Liliam Altuntas hat lange auf diesen Tag gewartet: Sie wollte in Deutschland in der Öffentlichkeit sprechen, sie wollte ihre Geschichte erzählen um zu sagen was ihr in diesem Land Wiederfahren ist. Sie wollte in der Sprache ihrer Täter sprechen: Auf Deutsch. Deutschland verließ sie schon vor Jahren, sie bemühte sich aber die Sprache nicht zu vergessen um eines Tages darüber zu sprechen, was ihr in Deutschland angetan wurde, was ihr hier gestohlen wurde.

Im anliegenden Video dürfen wir Liliam Altuntas sprechen hören. Einen ganz großen Dank an Sandra Norak, die dies ermöglichte.

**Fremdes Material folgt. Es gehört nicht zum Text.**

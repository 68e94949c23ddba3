//! The end of terminals' work.
ghost use Rattle.std.specs.Prelude.{◌≡◌, ◌≤◌, [], length, map, vec_capacity};
ghost use Rattle.std.specs.List.{sum_by};
ghost use Rattle.book.specs.Share.{parts_of, share_commits};
ghost use Rattle.run_threads.specs.Tally.{commits_in};

use crate::tally::Tally;
use crate::worker::TerminalThread;
use book::{Engine, Run, Share};
use terminals::Gate;
use terminals_deck::Deck;

/// Ends terminals: each acknowledges what is durable, and what came of its inputs, its share and its deck are gathered,
/// in their order. There is room for all three. Answers how many replies were released.
pub(crate) fn gathered<K: Run, G: Gate + Drop>(
    engine: &Engine<K>,
    workers: Vec<TerminalThread<K, G>>,
    tallies: &mut Vec<Tally>,
    shares: &mut Vec<Share<K>>,
    decks: &mut Vec<Deck>,
) -> u64
    requires none { (tallies.old.items ≡ []) × (shares.old.items ≡ []) × (decks.old.items ≡ []) }
    requires tallies { length workers.items ≤ vec_capacity tallies.old }
    requires shares { length workers.items ≤ vec_capacity shares.old }
    requires decks { length workers.items ≤ vec_capacity decks.old }
    ensures tallies { tallies.new.items ≡ map (λ worker. worker.tally) workers.items }
    ensures decks { decks.new.items ≡ map (λ worker. worker.terminal.deck) workers.items }
    ensures parts { sum_by parts_of shares.new.items ≡ length workers.items }
    ensures commits { sum_by share_commits shares.new.items ≡ sum_by commits_in tallies.new.items }
{
    let mut released = 0u64;
    for worker in workers {
        let (tally, acknowledged, share, deck) = worker.end(engine);
        released = released.saturating_add(acknowledged);
        tallies.push_reserved(tally);
        shares.push_reserved(share);
        decks.push_reserved(deck);
    }
    released
}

Liliam wenige Tage nach diesem Video: „Als ich anfing, der deutschen Öffentlichkeit über meine Geschichte zu sprechen, fühlte ich mich in die Zeit zurückgeworfen, als ich zum ersten Mal in Deutschland ankam und in dieses Auto stieg. Auf der langen Autobahn sahen die anderen Mädchen und ich aus dem Fenster, wir sahen nur Bäume und Städtenamen auf den Verkehrsschildern. Es waren zwei Männer im Auto, wir wussten nicht, wer sie waren. Sie hatten die absolute Kontrolle über uns. Es war kalt, wir hatten Angst und waren unsicher, was mit uns passieren würde. Unsere Gesichter waren von Angst geprägt, unsere Augen drückten das gleiche Gefühl aus: Angst und Sehnsucht nach Zuhause. Ich glaube, ich war der einzige, der nicht daran dachte, nach Hause zurückzukehren, weil ich nie ein richtiges Zuhause gehabt hatte. Ich schaute aus dem Fenster und erkannte nichts, alles war mir fremd, sogar diese Stille, eine fremde, ferne Stille. Das Radio war eingeschaltet und manchmal sprachen die beiden Männer mit uns, aber diese Stimmen waren distanziert und fremd, wir konnten kein einziges Wort verstehen. Dann kamen wir nach Hause… für die meisten Menschen repräsentiert das Zuhause die Familie, aber nicht für uns. Sobald wir drinnen waren, ließen sie uns ausziehen und inspizierten uns von Kopf bis Fuß. Ich, ein Junge und ein Mädchen. Ich war voller Angst. Plötzlich fing ich an zu lächeln, aber es war eine Reaktion auf Angst. Gleichzeitig dachte ich: „Bald bin ich frei, sie werden mich töten. Was werden sie mit meinem Körper, mit meinen Organen machen? “ Das andere Mädchen weinte, sie zitterte. Sie ließen uns nackt auf dem Boden sitzen. Wir waren gleich, wir hatten den gleichen Blick in unseren Augen. Sie haben mit uns gesprochen, aber wir haben es nicht verstanden. Ein Mann kam und tauschte unsere Plätze: Mein Schicksal des Todes wurde gestört und mein Leben als zu verkaufende Ware begann. Ich wurde eine wiederverwendbare Ware für den deutschen Markt.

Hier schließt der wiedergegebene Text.